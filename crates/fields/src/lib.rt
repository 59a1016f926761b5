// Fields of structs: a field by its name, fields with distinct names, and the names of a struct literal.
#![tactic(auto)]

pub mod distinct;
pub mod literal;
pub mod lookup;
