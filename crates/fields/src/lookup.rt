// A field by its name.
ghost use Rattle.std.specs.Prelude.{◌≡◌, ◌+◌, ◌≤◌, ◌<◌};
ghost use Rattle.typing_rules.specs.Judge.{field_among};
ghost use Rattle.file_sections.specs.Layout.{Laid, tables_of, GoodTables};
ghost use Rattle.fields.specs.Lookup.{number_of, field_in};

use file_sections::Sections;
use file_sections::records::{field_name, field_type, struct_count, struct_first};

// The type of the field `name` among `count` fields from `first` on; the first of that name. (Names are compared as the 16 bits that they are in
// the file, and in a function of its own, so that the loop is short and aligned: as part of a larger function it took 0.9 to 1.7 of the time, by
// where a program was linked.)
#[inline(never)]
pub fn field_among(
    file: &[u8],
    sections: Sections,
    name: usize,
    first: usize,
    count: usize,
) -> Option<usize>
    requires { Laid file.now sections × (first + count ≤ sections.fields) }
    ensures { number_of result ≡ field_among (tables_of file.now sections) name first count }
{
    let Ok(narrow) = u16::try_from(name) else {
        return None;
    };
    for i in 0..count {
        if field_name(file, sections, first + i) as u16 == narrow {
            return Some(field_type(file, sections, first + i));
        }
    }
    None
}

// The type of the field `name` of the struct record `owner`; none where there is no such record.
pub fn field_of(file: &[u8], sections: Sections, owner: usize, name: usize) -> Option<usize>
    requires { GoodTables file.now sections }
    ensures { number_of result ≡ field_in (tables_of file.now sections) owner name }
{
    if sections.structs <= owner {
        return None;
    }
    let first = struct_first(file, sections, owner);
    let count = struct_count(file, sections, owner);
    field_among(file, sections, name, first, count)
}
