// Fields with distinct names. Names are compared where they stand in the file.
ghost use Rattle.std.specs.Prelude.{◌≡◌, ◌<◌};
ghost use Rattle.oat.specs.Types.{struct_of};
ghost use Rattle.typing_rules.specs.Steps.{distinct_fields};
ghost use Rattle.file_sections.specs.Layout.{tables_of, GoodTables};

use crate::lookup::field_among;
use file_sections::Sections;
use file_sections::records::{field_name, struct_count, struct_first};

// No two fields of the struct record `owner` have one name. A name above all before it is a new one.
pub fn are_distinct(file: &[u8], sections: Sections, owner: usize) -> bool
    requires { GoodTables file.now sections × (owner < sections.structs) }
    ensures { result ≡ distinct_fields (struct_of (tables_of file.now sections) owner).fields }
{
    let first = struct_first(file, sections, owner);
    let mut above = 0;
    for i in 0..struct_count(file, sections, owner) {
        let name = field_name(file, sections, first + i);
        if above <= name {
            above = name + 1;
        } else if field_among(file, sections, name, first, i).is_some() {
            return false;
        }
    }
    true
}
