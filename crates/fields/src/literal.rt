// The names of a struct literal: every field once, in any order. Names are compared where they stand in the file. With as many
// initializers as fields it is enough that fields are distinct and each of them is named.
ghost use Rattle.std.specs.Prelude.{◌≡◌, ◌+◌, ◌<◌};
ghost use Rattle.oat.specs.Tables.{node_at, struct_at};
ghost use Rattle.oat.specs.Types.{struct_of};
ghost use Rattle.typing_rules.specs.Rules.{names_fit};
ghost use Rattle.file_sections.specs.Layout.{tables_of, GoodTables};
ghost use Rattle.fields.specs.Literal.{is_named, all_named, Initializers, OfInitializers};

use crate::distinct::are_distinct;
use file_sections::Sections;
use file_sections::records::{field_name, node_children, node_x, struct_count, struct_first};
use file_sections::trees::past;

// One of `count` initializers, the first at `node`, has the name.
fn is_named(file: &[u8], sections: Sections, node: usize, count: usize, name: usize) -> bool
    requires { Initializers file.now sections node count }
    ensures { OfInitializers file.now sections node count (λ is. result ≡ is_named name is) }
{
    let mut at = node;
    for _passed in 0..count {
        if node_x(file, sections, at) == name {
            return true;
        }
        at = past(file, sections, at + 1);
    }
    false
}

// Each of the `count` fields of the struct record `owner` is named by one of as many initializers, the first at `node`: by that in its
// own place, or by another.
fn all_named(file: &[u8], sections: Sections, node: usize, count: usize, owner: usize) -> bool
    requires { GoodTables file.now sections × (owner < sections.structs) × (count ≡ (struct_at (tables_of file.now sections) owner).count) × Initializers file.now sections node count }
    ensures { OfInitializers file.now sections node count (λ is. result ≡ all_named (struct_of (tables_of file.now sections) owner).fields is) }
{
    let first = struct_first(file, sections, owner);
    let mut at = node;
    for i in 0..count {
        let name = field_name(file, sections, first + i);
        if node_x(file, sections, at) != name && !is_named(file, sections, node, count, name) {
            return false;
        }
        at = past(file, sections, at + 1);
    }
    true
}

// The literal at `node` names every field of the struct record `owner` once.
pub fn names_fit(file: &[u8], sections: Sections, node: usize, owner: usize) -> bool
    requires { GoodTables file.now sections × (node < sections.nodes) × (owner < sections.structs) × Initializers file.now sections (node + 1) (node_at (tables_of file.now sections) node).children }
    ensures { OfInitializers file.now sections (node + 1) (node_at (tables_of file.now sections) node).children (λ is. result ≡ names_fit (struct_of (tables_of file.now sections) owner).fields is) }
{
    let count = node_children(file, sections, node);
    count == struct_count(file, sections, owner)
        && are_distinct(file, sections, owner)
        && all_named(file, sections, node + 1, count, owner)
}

■ ■ ■ ■

**EXERCISE OBJECTIVE:** Taking the records above, retype every line from the one with "is a new one." down to the one with "let mut above = 0;", exactly and with nothing else.

**EXERCISE RESULT:**
// No two fields of the struct record `owner` have one name. A name above all before it is a new one.
pub fn are_distinct(file: &[u8], sections: Sections, owner: usize) -> bool
    requires { GoodTables file.now sections × (owner < sections.structs) }
    ensures { result ≡ distinct_fields (struct_of (tables_of file.now sections) owner).fields }
{
    let first = struct_first(file, sections, owner);
    let mut above = 0;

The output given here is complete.